The general expression of the Taylor expansion for functions with two variables is
f(x,h)=sum_(n=0)^oo(1/(n!) sum_(k=0)^n((n),(k))((partial^nf)/(partialx^(n-k)partialh^k))_({x_0,h_0})(x-x_0)^(n-k)(h-h_0)^k)

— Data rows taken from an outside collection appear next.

//! What an answer writes.
ghost use Rattle.std.specs.Prelude.{IfOk};
ghost use Rattle.rg_top.specs.Requests.{end_of, IsOutputOf};

use crate::answer::Answer;
use crate::status::Status;
use rg_messages::{file_text, usage_text, wide_text};
use std::alloc::{AllocError, Global};

// The status of an answer, and what it writes: a text to out or a line to err.
#[derive(Drop)]
pub(crate) enum Output {
    Out(Status, Vec<u8>),
    Err(Status, Vec<u8>),
}

// The output of an answer.
pub(crate) fn output_of(alloc: Global, answer: Answer) -> Result<Output, AllocError>
    ensures { IfOk result (λ output. IsOutputOf (end_of answer) output) }
{
    match answer {
        Answer::Yes(text) => Ok(Output::Out(Status::Done, text)),
        Answer::No(text) => Ok(Output::Out(Status::No, text)),
        Answer::Usage(usage) => {
            let line = usage_text(alloc, usage)?;
            Ok(Output::Err(Status::Usage(usage), line))
        }
        Answer::File(fault) => {
            let line = file_text(alloc, fault)?;
            Ok(Output::Err(Status::File(fault), line))
        }
        Answer::TooWide(cause) => {
            let line = wide_text(alloc, &cause)?;
            Ok(Output::Err(Status::TooWide(cause), line))
        }
    }
}
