//! How often and where a command can end.
ghost use Rattle.std.specs.Prelude.{◌≡◌, ℕ, List, Option, Some};
ghost use Rattle.rg_ports.specs.Shelf.{Files};
ghost use Rattle.rg_theory.specs.System.{System, IsInRange};
ghost use Rattle.rg_theory.specs.declared.Class.{Class};
ghost use Rattle.rg_lts.specs.WellFormed.{IsWellFormed};
ghost use Rattle.rg_families.specs.declared.Kind.{Kind};
ghost use Rattle.rg_commands.specs.declared.forms.Form.{Form};
ghost use Rattle.rg_commands.specs.declared.examining.ExamineOutput.{ExamineOutput};
ghost use Rattle.rg_commands.specs.declared.splitting.SplitOutput.{SplitOutput};
ghost use Rattle.rg_commands.specs.declared.forms.Target.{Target};
ghost use Rattle.rg_top.specs.Given.{IsFile};
ghost use Rattle.rg_top.specs.Synthesize.{IsCertificateText, SynthesizeEnds, SynthesizeIsDue};
ghost use Rattle.rg_top.specs.Verify.{IsAccepted, VerifyEnds, VerifyIsDue};
ghost use Rattle.rg_top.specs.Check.{CheckEnds, CheckIsDue};
ghost use Rattle.rg_top.specs.Convert.{ConvertEnds, ConvertIsDue};
ghost use Rattle.rg_top.specs.Factor.{FactorEnds, FactorIsDue};
ghost use Rattle.rg_top.specs.Split.{SplitEnds, SplitIsDue};
ghost use Rattle.rg_top.specs.Isomorphic.{IsomorphicEnds, IsomorphicIsDue};
ghost use Rattle.rg_top.specs.Examine.{ExamineEnds, ExamineIsDue};
ghost use Rattle.rg_top.specs.Generate.{GenerateEnds, GenerateIsDue};
ghost use Rattle.rg_top.specs.SelfTest.{SelfTestEnds, SelfTestIsDue};
ghost use Rattle.rg_top.specs.End.{End, HasStatus};
ghost use Rattle.rg_top.specs.One.{OneAnswer};
ghost use Rattle.rg_top.specs.declared.status.Status.{Status};

use rg_checks::one_first_flaw;
use rg_commands::words_say_one_thing;
use rg_families::one_of_each;
use rg_iso::{difference_refutes, one_comparison};
use rg_net_verdict::verdict_is_one;
use rg_outcome::outcome_is_one;
use rg_product::factoring_is_one;
use rg_report::one_examination;
use rg_split::{splitting_is_one, splitting_says};
use rg_verify::one_verdict;

/// Law: `verify` accepts what `synthesize` writes with status 1, for the same system, in any file.
pub fn written_is_accepted()
    ensures { (class : Class) (lts : System) (out : List ℕ) (files : Option Files) (name : List ℕ) → IsCertificateText class lts out → IsFile files name out → IsAccepted files name lts class }
{}

/// Law: `synthesize` ends in one way for a system and a class, with the status of `SynthesizeIsDue`. An end has one
/// output, and one status or the term that a status shows.
pub fn synthesize_ends_once()
    ensures once { (class : Class) (lts : System) (e e' : End) → SynthesizeEnds class lts e → SynthesizeEnds class lts e' → e ≡ e' }
    ensures due { (class : Class) (lts : System) (e : End) (due : Status) → SynthesizeEnds class lts e → SynthesizeIsDue class lts due → HasStatus e due }
{
    outcome_is_one();
}

/// Law: `verify` ends in one way for a system and files that are known, with the expected status.
pub fn verify_ends_once()
    ensures once { (files : Files) (cert : List ℕ) (lts : System) (e e' : End) → IsWellFormed lts → VerifyEnds (Some files) cert lts e → VerifyEnds (Some files) cert lts e' → e ≡ e' }
    ensures due { (files : Files) (cert : List ℕ) (lts : System) (e : End) (due : Status) → VerifyEnds (Some files) cert lts e → VerifyIsDue (Some files) cert lts due → HasStatus e due }
{
    rg_cert::one_answer();
    one_verdict();
}

/// Law: `check` ends in one way for a system, a class and files that are known, with the expected status.
pub fn check_ends_once()
    ensures once { (files : Files) (class : Class) (name : List ℕ) (lts : System) (e e' : End)
        → IsInRange lts → CheckEnds (Some files) class name lts e → CheckEnds (Some files) class name lts e' → e ≡ e' }
    ensures due { (files : Files) (class : Class) (name : List ℕ) (lts : System) (e : End) (due : Status)
        → IsInRange lts → CheckEnds (Some files) class name lts e → CheckIsDue (Some files) class name lts due → HasStatus e due }
{
    rg_netfile::one_answer();
    verdict_is_one();
}

/// Law: `convert` ends in one way for a system and a form, with the expected status.
pub fn convert_ends_once()
    ensures once { (lts : System) (target : Target) (e e' : End) → ConvertEnds lts target e → ConvertEnds lts target e' → e ≡ e' }
    ensures due { (lts : System) (target : Target) (e : End) (due : Status) → ConvertEnds lts target e → ConvertIsDue lts target due → HasStatus e due }
{}

/// Law: `factor` ends in one way for a system and a class or none, with the expected status.
pub fn factor_ends_once()
    ensures once { (lts : System) (class : Option Class) (e e' : End) → IsInRange lts → FactorEnds lts class e → FactorEnds lts class e' → e ≡ e' }
    ensures due { (lts : System) (class : Option Class) (e : End) (due : Status) → IsInRange lts → FactorEnds lts class e → FactorIsDue lts class due → HasStatus e due }
{
    one_first_flaw();
    factoring_is_one();
    outcome_is_one();
}

/// Law: `split` ends in one way for a system and what is to be written, with the expected status.
pub fn split_ends_once()
    ensures once { (lts : System) (output : SplitOutput) (e e' : End) → SplitEnds lts output e → SplitEnds lts output e' → e ≡ e' }
    ensures due { (lts : System) (output : SplitOutput) (e : End) (due : Status) → SplitEnds lts output e → SplitIsDue lts due → HasStatus e due }
{
    splitting_is_one();
    splitting_says();
}

/// Law: `isomorphic` ends in one way for a system, a form and files that are known, with the expected status.
pub fn isomorphic_ends_once()
    ensures once { (files : Files) (named : List ℕ) (form : Form) (lts : System) (e e' : End)
        → IsWellFormed lts → IsomorphicEnds (Some files) named form lts e → IsomorphicEnds (Some files) named form lts e' → e ≡ e' }
    ensures due { (files : Files) (named : List ℕ) (form : Form) (lts : System) (e : End) (due : Status)
        → IsomorphicEnds (Some files) named form lts e → IsomorphicIsDue (Some files) named form lts due → HasStatus e due }
{
    rg_apt::one_answer();
    rg_genet::one_answer();
    rg_words::one_answer();
    one_first_flaw();
    one_comparison();
}

/// Law: `examine` ends in one way for a system and a form of the report, with the expected status.
pub fn examine_ends_once()
    ensures once { (output : ExamineOutput) (lts : System) (e e' : End) → ExamineEnds output lts e → ExamineEnds output lts e' → e ≡ e' }
    ensures due { (output : ExamineOutput) (lts : System) (e : End) (due : Status) → ExamineEnds output lts e → ExamineIsDue due → HasStatus e due }
{
    one_examination();
}

/// Law: `generate` ends in one way for a family and a number, with the expected status.
pub fn generate_ends_once()
    ensures once { (kind : Kind) (n : ℕ) (e e' : End) → GenerateEnds kind n e → GenerateEnds kind n e' → e ≡ e' }
    ensures due { (kind : Kind) (n : ℕ) (e : End) (due : Status) → GenerateEnds kind n e → GenerateIsDue due → HasStatus e due }
{
    one_of_each();
}

/// Law: `selftest` ends in one way for a number, with the expected status.
pub fn self_test_ends_once()
    ensures once { (n : ℕ) (e e' : End) → SelfTestEnds n e → SelfTestEnds n e' → e ≡ e' }
    ensures due { (n : ℕ) (e : End) (due : Status) → SelfTestEnds n e → SelfTestIsDue n due → HasStatus e due }
{
    one_of_each();
    outcome_is_one();
}

/// Law: words and files have one answer. If the files are known, there is one end: it has one status, or the term
/// that a status shows, and writes the same bytes to the same sink. So two runs over them in which there is memory
/// and no call fails end alike and write the same, with any numbers of jobs and any gates. The status is the expected
/// one, and if the answer for the system and the class is a term that is out of range, the end shows that term. If
/// the files are known, all words have an expected status, or a term that is out of range decides.
pub fn answers_are_one()
    ensures { OneAnswer }
{
    words_say_one_thing();
    one_of_each();
    outcome_is_one();
    verdict_is_one();
    one_verdict();
    rg_apt::one_answer();
    rg_genet::one_answer();
    rg_words::one_answer();
    rg_cert::one_answer();
    rg_netfile::one_answer();
    one_first_flaw();
    factoring_is_one();
    splitting_is_one();
    splitting_says();
    one_comparison();
    one_examination();
    rg_apt::spelled_is_well_formed();
    rg_genet::spelled_is_well_formed();
    rg_words::spelled_is_well_formed();
    rg_cert::spelled_is_in_range();
    rg_netfile::spelled_is_for_the_system();
    difference_refutes();
}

In this case, considering x_0=0,h_0=0
((partial^nf)/(partialx^(n-k)partialh^k))_(x=0,h=0) = cos((n+k)pi/2)
so
cos(x+h) = sum_(n=0)^oo(1/(n!) sum_(k=0)^n((n),(k))cos((n+k)pi/2)x^(n-k)h^k)
but
cos((n+k)pi/2) = i^(n+k)((1+(-1)^(n+k))/2) and
((n),(k)) = (n!)/((n-k)!k!)
so
cos(x+h) = sum_(n=0)^oosum_(k=0)^n ( i^(n+k)((1+(-1)^(n+k))/2))/((n-k)!k!)x^(n-k)h^k
with i = sqrt(-1)
Another way to do that is knowing that from
cosx = sum_(k=0)^oo (-1)^k(x^(2k))/(2k!) follows
cos(x+h) = sum_(k=0)^oo(-1)^k((x+h)^(2k))/(2k!) but here the variables x+h appear added.
Multivariate series handling is very cumbersome because the required notation effort needed.